--- Problem to work on ---
Your answer should be each line of the entries that contains the word "themselves", copied in full.

Saved data entries
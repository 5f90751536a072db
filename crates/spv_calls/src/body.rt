ghost use Rattle.std.specs.Prelude.{◌≡◌, ◌<◌, ◌&&◌, ◌+◌, ◌++◌, ◌∷◌, [], IfOk, OnOk, Some, cond, length, drop, slice_get};
ghost use Rattle.std.specs.List.{zip};
ghost use Rattle.spv_module.specs.View.{seen};
ghost use Rattle.spv_ids.specs.Ids.{is_needed as needed};
ghost use Rattle.spv_calls.specs.Calls.{is_global, callees, calls_at, globals_at, globals_in, globals_of, function_at, up_to_function};
ghost use Rattle.spv_calls.specs.Kept.{kept};

use crate::globals::{Globals, is_function};
use graph::Places;
use spv_base::{NoMemory, Words};
use spv_grammar::kind::Role;
use spv_module::View;
use spv_module::layout::is_line;
use std::alloc::Global;

/// What the instructions of a function call and name.
#[derive(Debug, Drop)]
pub struct Body {
    /// The places of the functions that they call.
    pub callees: Places,
    /// The global variables that they name.
    pub globals: Words,
}

/// Whether the word is the id of the result's type or of an operand.
fn is_needed(role: Role) -> bool
    ensures { result ≡ needed role }
{
    role.is_type_id() || role.is_used_id()
}

/// Adds an id under a condition.
fn add_if(ids: &mut Words, adds: bool, id: u32) -> Result<(), NoMemory>
    ensures { OnOk result (ids.new ≡ ids.old ++ cond adds (id ∷ []) []) }
{
    if adds {
        ids.push(id)?;
    }
    Ok(())
}

/// Whether a word is the id of a global variable as the result's type or as an operand.
fn names_global(globals: &Globals, role: Role, word: u32) -> bool
    ensures { result ≡ (needed role && is_global globals.now word) }
{
    is_needed(role) && globals.has(word)
}

/// Adds those of the words that are such ids.
fn add_named(
    ids: &mut Words,
    globals: &Globals,
    roles: &[Role],
    words: &[u32],
) -> Result<(), NoMemory>
    requires { length roles.now ≡ length words.now }
    ensures { OnOk result (ids.new ≡ ids.old ++ kept (is_global globals.now) (zip roles.now words.now)) }
{
    'words: for k in 0..words.len() {
        let adds = names_global(globals, roles[k], words[k]);
        add_if(ids, adds, words[k])?;
    }
    Ok(())
}

/// Adds the global variables that an instruction names. A line mark names none.
fn add_globals(ids: &mut Words, globals: &Globals, inst: &View) -> Result<(), NoMemory>
    ensures { OnOk result (ids.new ≡ ids.old ++ globals_of globals.now (seen inst.now)) }
{
    if is_line(inst) {
        return Ok(());
    }
    add_named(ids, globals, inst.roles(), inst.words)
}

/// Adds the place of the function that an instruction calls.
fn add_callee(places: &mut Places, globals: &Globals, inst: &View) -> Result<(), NoMemory>
    ensures { OnOk result (places.new ≡ places.old ++ callees globals.now (seen inst.now ∷ [])) }
{
    match globals.callee(inst) {
        Some(place) => places.push(place),
        None => Ok(()),
    }
}

impl Body {
    /// Of no instructions.
    pub fn new(alloc: Global) -> Body
        ensures callees { result.callees ≡ [] }
        ensures globals { result.globals ≡ [] }
    {
        Body {
            callees: Places::new(alloc),
            globals: Words::new(alloc),
        }
    }

    /// Reads one instruction more.
    fn read(&mut self, globals: &Globals, inst: &View) -> Result<(), NoMemory>
        ensures callees { OnOk result (self.new.callees ≡ self.old.callees ++ callees globals.now (seen inst.now ∷ [])) }
        ensures globals { OnOk result (self.new.globals ≡ self.old.globals ++ globals_in globals.now (seen inst.now ∷ [])) }
    {
        add_callee(&mut self.callees, globals, inst)?;
        add_globals(&mut self.globals, globals, inst)
    }

    /// Reads the instructions behind the k-th, up to the next OpFunction.
    fn read_up_to_function(&mut self, globals: &Globals, k: usize) -> Result<(), NoMemory>
        requires { k < length globals.now }
        ensures callees { OnOk result (self.new.callees ≡ self.old.callees ++ callees globals.now (up_to_function (drop (k + 1) globals.now))) }
        ensures globals { OnOk result (self.new.globals ≡ self.old.globals ++ globals_in globals.now (up_to_function (drop (k + 1) globals.now))) }
    {
        let insts = globals.insts();
        let count = insts.count();
        'instructions: for j in k + 1..count {
            let inst = insts.at(j);
            if is_function(&inst) {
                return Ok(());
            }
            self.read(globals, &inst)?;
        }
        Ok(())
    }

    /// Reads the function that begins with the k-th instruction.
    fn read_function(&mut self, globals: &Globals, k: usize, first: &View) -> Result<(), NoMemory>
        requires { slice_get globals.now k ≡ Some (seen first.now) }
        ensures callees { OnOk result (self.new.callees ≡ self.old.callees ++ callees globals.now (function_at globals.now k)) }
        ensures globals { OnOk result (self.new.globals ≡ self.old.globals ++ globals_in globals.now (function_at globals.now k)) }
    {
        if is_function(first) {
            self.read(globals, first)?;
            self.read_up_to_function(globals, k)?;
        }
        Ok(())
    }

    /// Of the function that begins with the k-th instruction. Where that is no OpFunction there is nothing.
    pub fn at(alloc: Global, globals: &Globals, k: usize) -> Result<Body, NoMemory>
        requires { k < length globals.now }
        ensures callees { IfOk result (λ body. body.callees ≡ calls_at globals.now k) }
        ensures globals { IfOk result (λ body. body.globals ≡ globals_at globals.now k) }
    {
        let mut body = Body::new(alloc);
        body.read_function(globals, k, &globals.insts().at(k))?;
        Ok(body)
    }
}
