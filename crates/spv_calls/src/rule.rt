// The rules of this crate, by their numbers.

/// A function reaches itself by calls.
pub const CALL_CYCLE: u16 = 601;

/// An entry point lists what is no global variable, or one twice, or lacks one that its function or one that it
/// reaches names.
pub const INTERFACE: u16 = 602;
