ghost use Rattle.std.specs.Prelude.{◌≡◌, IfOk, OnOk, ◌<◌, [], length, map, Some, slice_get, slice_index_or};
ghost use Rattle.std.specs.BTreeSet.{contains};
ghost use Rattle.std.specs.List.{list_all, range_with_len};
ghost use Rattle.std.specs.Ordering.{nat_cmp};
ghost use Rattle.spv_module.specs.View.{seen};
ghost use Rattle.spv_calls.specs.Broken.{Decides};
ghost use Rattle.spv_calls.specs.Calls.{CallsItself, CallsFit, calls as calls_in, globals_at};
ghost use Rattle.spv_calls.specs.Interfaces.{InterfaceFits, IsInterface};
ghost use Rattle.spv_calls.specs.Kept.{IsFresh, ListsNamed, row_passes};

use crate::body::Body;
use crate::globals::{Globals, is_function};
use crate::interface::{interface, listed, lists_all};
use crate::order::successors_first;
use crate::search::Search;
use crate::settling::settle;
use graph::{Graph, is_marked, reach_all};
use spv_base::Words;
use spv_ids::word;
use spv_module::{InstList, NoMemory, View};
use spv_opcodes::op;
use spv_typing::Kinds;
use std::alloc::Global;
use std::collections::BTreeSet;
use std::marker::Model;

/// Which functions of a module call which, and which global variables they name.
#[derive(Debug, Drop)]
pub struct Calls<'a> {
    globals: Globals<'a>,
    /// For each instruction the places of the functions that it calls, if it is an OpFunction.
    calls: Graph,
    /// For each instruction the global variables that it names, if it is an OpFunction.
    named: Vec<Words>,
    /// Functions that do not reach themselves.
    settled: Vec<bool>,
}

impl<'a> Model for Calls<'a> {
    ghost use Rattle.std.specs.Prelude.{List};
    ghost use Rattle.spv_module.specs.Instruction.{Instruction};
    ghost use Rattle.spv_calls.specs.Kept.{AreKept};

    ghost Value = { List Instruction };

    ghost view = { λ calls. calls.globals };

    ghost invariant = { λ calls. AreKept calls.globals calls.calls calls.named.items calls.settled.items };
}

/// The calls of each function, and the global variables that each names.
fn read_functions(alloc: Global, globals: &Globals) -> Result<(Graph, Vec<Words>), NoMemory>
    ensures { IfOk result (λ read. (read.0 ≡ calls_in globals.now) × (read.1.items ≡ map (globals_at globals.now) (range_with_len 0 (length globals.now)))) }
{
    let mut calls = Graph::new(alloc);
    let mut named = Vec::new(alloc);
    'instructions: for k in 0..globals.insts().count() {
        let Body {
            callees,
            globals: ids,
        } = Body::at(alloc, globals, k)?;
        calls.push(callees)?;
        named.push(ids)?;
    }
    Ok((calls, named))
}

/// The ids of a place; none past the last.
fn ids_at(named: &[Words], place: usize) -> &[u32]
    ensures { result.now ≡ slice_index_or named.now place [] }
{
    match named.get(place) {
        Some(ids) => ids.as_slice(),
        None => &[],
    }
}

impl<'a> Calls<'a> {
    /// The calls of a module.
    pub fn of(alloc: Global, kinds: &'a Kinds<'a>) -> Result<Calls<'a>, NoMemory>
        ensures { IfOk result (λ calls. calls ≡ kinds.now) }
    {
        let globals = Globals::of(kinds);
        let (calls, named) = read_functions(alloc, &globals)?;
        let order = successors_first(alloc, &calls)?;
        let settled = settle(alloc, &calls, &order)?;
        Ok(Calls {
            globals,
            calls,
            named,
            settled,
        })
    }

    /// The module's instructions.
    pub fn insts(&self) -> &'a InstList
        ensures { result.now ≡ self.now }
    {
        self.globals.insts()
    }

    /// Whether the function that begins with the k-th instruction, counted from 0, does not reach itself.
    fn is_straight(&self, alloc: Global, k: usize) -> Result<bool, NoMemory>
        requires { k < length self.now }
        ensures { IfOk result (λ straight. Decides straight (¬ CallsItself self.now k)) }
    {
        if is_marked(&self.settled, k) {
            return Ok(true);
        }
        let reached = reach_all(alloc, &self.calls, self.calls.row(k))?;
        Ok(!is_marked(&reached, k))
    }

    /// 601: whether the k-th instruction, counted from 0, is no OpFunction, or begins a function that does not reach
    /// itself by calls.
    pub fn calls_fit(&self, alloc: Global, k: usize, inst: &View) -> Result<bool, NoMemory>
        requires { slice_get self.now k ≡ Some (seen inst.now) }
        ensures { IfOk result (λ fits. Decides fits (CallsFit self.now k (seen inst.now))) }
    {
        if is_function(inst) {
            self.is_straight(alloc, k)
        } else {
            Ok(true)
        }
    }

    /// A search along the calls. Nothing is met yet.
    pub fn search(&self, alloc: Global) -> Result<Search, NoMemory>
        ensures { IfOk result (λ search. IsFresh (length self.now) search) }
    {
        Search::new(alloc, self.calls.count())
    }

    /// Whether the global variables that the function at a place names are all listed.
    fn lists_row(&self, listed: &BTreeSet<u32>, place: usize) -> bool
        ensures { result ≡ row_passes self.now (contains nat_cmp listed.now) place }
    {
        lists_all(listed, ids_at(&self.named, place))
    }

    /// Whether those of the functions at some places are.
    fn lists_rows(&self, listed: &BTreeSet<u32>, places: &[usize]) -> bool
        ensures { result ≡ list_all (row_passes self.now (contains nat_cmp listed.now)) places.now }
    {
        places.iter().all(|place| self.lists_row(listed, *place))
    }

    /// Whether a function and those that it reaches name only global variables that are listed.
    fn lists_named(
        &self,
        search: &mut Search,
        listed: &BTreeSet<u32>,
        first: usize,
    ) -> Result<bool, NoMemory>
        requires { IsFresh (length self.now) search.old }
        ensures fresh { OnOk result (IsFresh (length self.now) search.new) }
        ensures lists { IfOk result (λ lists. Decides lists (ListsNamed self.now first (contains nat_cmp listed.now))) }
    {
        search.run(&self.calls, first)?;
        let lists = self.lists_rows(listed, search.reached());
        search.clear();
        Ok(lists)
    }

    /// Whether the ids are the interface of a function.
    fn is_interface(
        &self,
        alloc: Global,
        search: &mut Search,
        function: u32,
        ids: &[u32],
    ) -> Result<bool, NoMemory>
        requires { IsFresh (length self.now) search.old }
        ensures fresh { OnOk result (IsFresh (length self.now) search.new) }
        ensures is { IfOk result (λ is. Decides is (IsInterface self.now function ids.now)) }
    {
        let Some(listed) = listed(alloc, &self.globals, ids)? else {
            return Ok(false);
        };
        match self.globals.place(function) {
            Some(first) => self.lists_named(search, &listed, first),
            None => Ok(true),
        }
    }

    /// 602: whether an entry point lists the interface of its function. Every other instruction passes. The search is one
    /// of this module, in which nothing is met; and so it is again. Where memory is wanting it serves no more.
    pub fn interface_fits(
        &self,
        alloc: Global,
        search: &mut Search,
        inst: &View,
    ) -> Result<bool, NoMemory>
        requires { IsFresh (length self.now) search.old }
        ensures fresh { OnOk result (IsFresh (length self.now) search.new) }
        ensures fits { IfOk result (λ fits. Decides fits (InterfaceFits self.now (seen inst.now))) }
    {
        if inst.opcode() == op::ENTRY_POINT {
            self.is_interface(alloc, search, word(inst, 2), interface(inst))
        } else {
            Ok(true)
        }
    }
}
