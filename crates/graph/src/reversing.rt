ghost use Rattle.std.specs.Prelude.{◌≡◌, IfOk, OnOk, fold};
ghost use Rattle.graph.specs.Rows.{added};
ghost use Rattle.graph.specs.Reversing.{reversed};

use crate::rows::Graph;
use spv_base::NoMemory;
use std::alloc::Global;

/// Adds a place to the rows of its successors, to each once.
fn with_predecessor(graph: &mut Graph, successors: &[usize], place: usize) -> Result<(), NoMemory>
    ensures { OnOk result (graph.new ≡ fold (λ rows successor. added rows successor place) graph.old successors.now) }
{
    'successors: for successor in successors {
        graph.add_once(*successor, place)?;
    }
    Ok(())
}

/// The graph with its edges turned round: the row of each place lists the places whose rows name it, in increasing
/// order, each once. Numbers past the last place have no row here either.
pub fn reversed(alloc: Global, graph: &Graph) -> Result<Graph, NoMemory>
    ensures { IfOk result (λ turned. turned ≡ reversed graph.now) }
{
    let mut turned = Graph::bare(alloc, graph.count())?;
    'places: for place in 0..graph.count() {
        with_predecessor(&mut turned, graph.row(place), place)?;
    }
    Ok(turned)
}
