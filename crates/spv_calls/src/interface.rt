ghost use Rattle.std.specs.Prelude.{◌≡◌, IfOk};
ghost use Rattle.std.specs.BTreeSet.{contains};
ghost use Rattle.std.specs.List.{list_all};
ghost use Rattle.std.specs.Ordering.{nat_cmp};
ghost use Rattle.spv_module.specs.View.{seen};
ghost use Rattle.spv_calls.specs.Interfaces.{interface as interface_in};
ghost use Rattle.spv_calls.specs.Kept.{IsListing};

use crate::globals::Globals;
use crate::keys::add;
use spv_grammar::text::text_words;
use spv_ids::words_from;
use spv_module::{NoMemory, View};
use std::alloc::Global;
use std::collections::BTreeSet;

/// The ids behind an entry point's name.
pub fn interface<'a>(inst: &View<'a>) -> &'a [u32]
    ensures { result.now ≡ interface_in (seen inst.now) }
{
    let words = words_from(inst, 3);
    &words[text_words(words)..]
}

/// The set of these ids. None where one is no global variable or stands twice.
pub fn listed(
    alloc: Global,
    globals: &Globals,
    ids: &[u32],
) -> Result<Option<BTreeSet<u32>>, NoMemory>
    ensures { IfOk result (λ listed. IsListing globals.now ids.now listed) }
{
    let mut listed = BTreeSet::new(alloc);
    'ids: for id in ids {
        if !globals.has(*id) {
            return Ok(None);
        }
        let known = add(&mut listed, Some(*id))?;
        if known {
            return Ok(None);
        }
    }
    Ok(Some(listed))
}

/// Whether all ids are in the set.
pub fn lists_all(listed: &BTreeSet<u32>, ids: &[u32]) -> bool
    ensures { result ≡ list_all (contains nat_cmp listed.now) ids.now }
{
    ids.iter().all(|id| listed.contains(id))
}
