ghost use Rattle.std.specs.Prelude.{◌≡◌, IfOk};
ghost use Rattle.std.specs.List.{list_all};
ghost use Rattle.graph.specs.Rows.{is_marked as marked};
ghost use Rattle.spv_calls.specs.Kept.{AreSettled};

use graph::{Graph, NoMemory, is_marked};
use std::alloc::Global;

/// Whether all places are marked.
fn all_marked(marks: &[bool], places: &[usize]) -> bool
    ensures { result ≡ list_all (marked marks.now) places.now }
{
    places.iter().all(|place| is_marked(marks, *place))
}

/// Marks a place whose successors are all marked.
fn settle_one(settled: &mut Vec<bool>, graph: &Graph, place: usize)
    ensures { AreSettled graph.now settled.old.items → AreSettled graph.now settled.new.items }
{
    if place < settled.len() && all_marked(settled, graph.row(place)) {
        settled[place] = true;
    }
}

/// Marks places that do not reach themselves: going by the order, each whose successors are all marked. All are
/// marked where each comes behind its successors.
pub fn settle(alloc: Global, graph: &Graph, order: &[usize]) -> Result<Vec<bool>, NoMemory>
    ensures { IfOk result (λ settled. AreSettled graph.now settled.items) }
{
    let mut settled = vec![in alloc; false; graph.count()]?;
    'places: for place in order {
        settle_one(&mut settled, graph, *place);
    }
    Ok(settled)
}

--- Response area ---
    /// Functions that do not reach themselves.
/// Marks places that do not reach themselves: going by the order, each whose successors are all marked. All are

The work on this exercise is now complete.